## [Exercise description]
What lines below include the word "ArePossible"? Copy each one.

---- Source data

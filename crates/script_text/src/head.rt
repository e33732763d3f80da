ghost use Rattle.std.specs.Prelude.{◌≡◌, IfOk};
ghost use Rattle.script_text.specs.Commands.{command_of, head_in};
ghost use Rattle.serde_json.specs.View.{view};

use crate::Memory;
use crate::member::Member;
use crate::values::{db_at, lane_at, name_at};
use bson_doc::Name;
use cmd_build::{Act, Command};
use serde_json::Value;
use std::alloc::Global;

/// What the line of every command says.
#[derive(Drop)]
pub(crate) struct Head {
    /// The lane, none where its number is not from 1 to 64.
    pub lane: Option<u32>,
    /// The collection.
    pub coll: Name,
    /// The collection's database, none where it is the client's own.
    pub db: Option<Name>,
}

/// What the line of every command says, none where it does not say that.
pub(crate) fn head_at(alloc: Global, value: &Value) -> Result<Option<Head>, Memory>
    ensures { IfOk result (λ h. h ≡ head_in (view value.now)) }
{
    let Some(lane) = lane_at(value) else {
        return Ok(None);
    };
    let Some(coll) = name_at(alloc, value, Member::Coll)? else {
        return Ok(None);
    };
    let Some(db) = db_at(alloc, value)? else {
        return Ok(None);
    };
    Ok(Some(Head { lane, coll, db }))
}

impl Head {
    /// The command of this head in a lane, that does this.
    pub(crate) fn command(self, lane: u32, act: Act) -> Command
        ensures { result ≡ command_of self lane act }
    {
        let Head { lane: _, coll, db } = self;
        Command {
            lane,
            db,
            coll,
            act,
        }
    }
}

--------
---- Source data

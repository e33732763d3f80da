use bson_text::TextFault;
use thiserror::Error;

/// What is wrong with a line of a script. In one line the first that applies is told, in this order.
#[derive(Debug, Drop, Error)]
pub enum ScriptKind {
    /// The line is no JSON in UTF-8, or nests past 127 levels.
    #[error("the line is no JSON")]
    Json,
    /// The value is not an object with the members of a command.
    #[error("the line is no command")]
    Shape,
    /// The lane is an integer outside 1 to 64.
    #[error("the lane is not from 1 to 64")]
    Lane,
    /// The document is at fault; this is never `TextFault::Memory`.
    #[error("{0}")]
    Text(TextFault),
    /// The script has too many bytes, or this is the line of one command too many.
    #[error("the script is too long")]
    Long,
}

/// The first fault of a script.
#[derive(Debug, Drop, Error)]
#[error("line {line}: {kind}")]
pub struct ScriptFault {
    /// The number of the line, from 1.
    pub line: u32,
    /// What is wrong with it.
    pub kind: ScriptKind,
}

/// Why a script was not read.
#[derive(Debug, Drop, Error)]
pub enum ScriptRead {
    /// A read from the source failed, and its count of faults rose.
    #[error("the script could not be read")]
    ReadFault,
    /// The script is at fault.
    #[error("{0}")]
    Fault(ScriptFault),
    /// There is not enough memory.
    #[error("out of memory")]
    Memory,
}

--------
---- Source data

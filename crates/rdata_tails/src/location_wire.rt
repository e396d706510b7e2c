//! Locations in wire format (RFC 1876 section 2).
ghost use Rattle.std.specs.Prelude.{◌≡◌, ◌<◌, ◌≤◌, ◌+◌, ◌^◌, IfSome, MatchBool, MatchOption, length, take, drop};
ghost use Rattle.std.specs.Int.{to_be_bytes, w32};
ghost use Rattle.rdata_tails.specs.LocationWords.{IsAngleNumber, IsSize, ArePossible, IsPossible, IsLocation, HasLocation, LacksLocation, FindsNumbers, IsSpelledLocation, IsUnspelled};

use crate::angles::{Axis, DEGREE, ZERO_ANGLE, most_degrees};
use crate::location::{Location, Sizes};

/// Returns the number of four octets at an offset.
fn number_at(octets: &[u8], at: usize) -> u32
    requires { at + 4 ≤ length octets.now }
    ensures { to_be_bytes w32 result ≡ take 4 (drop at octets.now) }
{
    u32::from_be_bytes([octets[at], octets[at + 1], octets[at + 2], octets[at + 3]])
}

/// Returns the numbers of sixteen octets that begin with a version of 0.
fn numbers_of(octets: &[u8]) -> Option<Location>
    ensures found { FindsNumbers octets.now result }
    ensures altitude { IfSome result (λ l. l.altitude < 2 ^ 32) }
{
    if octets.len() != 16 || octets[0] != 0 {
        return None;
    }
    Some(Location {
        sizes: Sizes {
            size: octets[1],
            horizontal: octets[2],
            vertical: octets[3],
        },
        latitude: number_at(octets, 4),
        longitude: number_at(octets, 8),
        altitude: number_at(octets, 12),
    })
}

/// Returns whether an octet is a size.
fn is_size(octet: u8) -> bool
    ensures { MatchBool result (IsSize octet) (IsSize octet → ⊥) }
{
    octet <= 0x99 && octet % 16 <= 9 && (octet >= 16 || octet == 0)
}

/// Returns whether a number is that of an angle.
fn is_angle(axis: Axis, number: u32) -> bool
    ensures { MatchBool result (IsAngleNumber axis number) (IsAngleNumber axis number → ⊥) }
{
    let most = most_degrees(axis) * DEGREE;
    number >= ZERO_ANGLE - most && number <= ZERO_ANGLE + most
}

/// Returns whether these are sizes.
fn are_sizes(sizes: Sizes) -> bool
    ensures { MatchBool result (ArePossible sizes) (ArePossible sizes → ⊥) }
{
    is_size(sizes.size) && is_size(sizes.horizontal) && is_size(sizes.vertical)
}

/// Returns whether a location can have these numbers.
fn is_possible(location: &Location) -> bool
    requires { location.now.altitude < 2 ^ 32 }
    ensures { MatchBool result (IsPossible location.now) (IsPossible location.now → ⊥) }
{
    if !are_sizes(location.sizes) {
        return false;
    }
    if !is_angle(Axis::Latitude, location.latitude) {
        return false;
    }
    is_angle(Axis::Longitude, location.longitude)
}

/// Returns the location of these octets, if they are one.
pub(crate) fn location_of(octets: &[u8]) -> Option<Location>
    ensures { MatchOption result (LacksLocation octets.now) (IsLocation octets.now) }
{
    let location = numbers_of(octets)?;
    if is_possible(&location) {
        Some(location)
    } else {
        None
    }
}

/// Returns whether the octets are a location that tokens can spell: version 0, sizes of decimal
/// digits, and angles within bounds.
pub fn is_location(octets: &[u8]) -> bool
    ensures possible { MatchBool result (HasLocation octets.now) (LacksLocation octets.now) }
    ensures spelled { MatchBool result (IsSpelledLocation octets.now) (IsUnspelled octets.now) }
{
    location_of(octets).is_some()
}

--------

## [Your response]
ghost use Rattle.rdata_tails.specs.LocationWords.{IsAngleNumber, IsSize, ArePossible, IsPossible, IsLocation, HasLocation, LacksLocation, FindsNumbers, IsSpelledLocation, IsUnspelled};
    ensures { MatchBool result (ArePossible sizes) (ArePossible sizes → ⊥) }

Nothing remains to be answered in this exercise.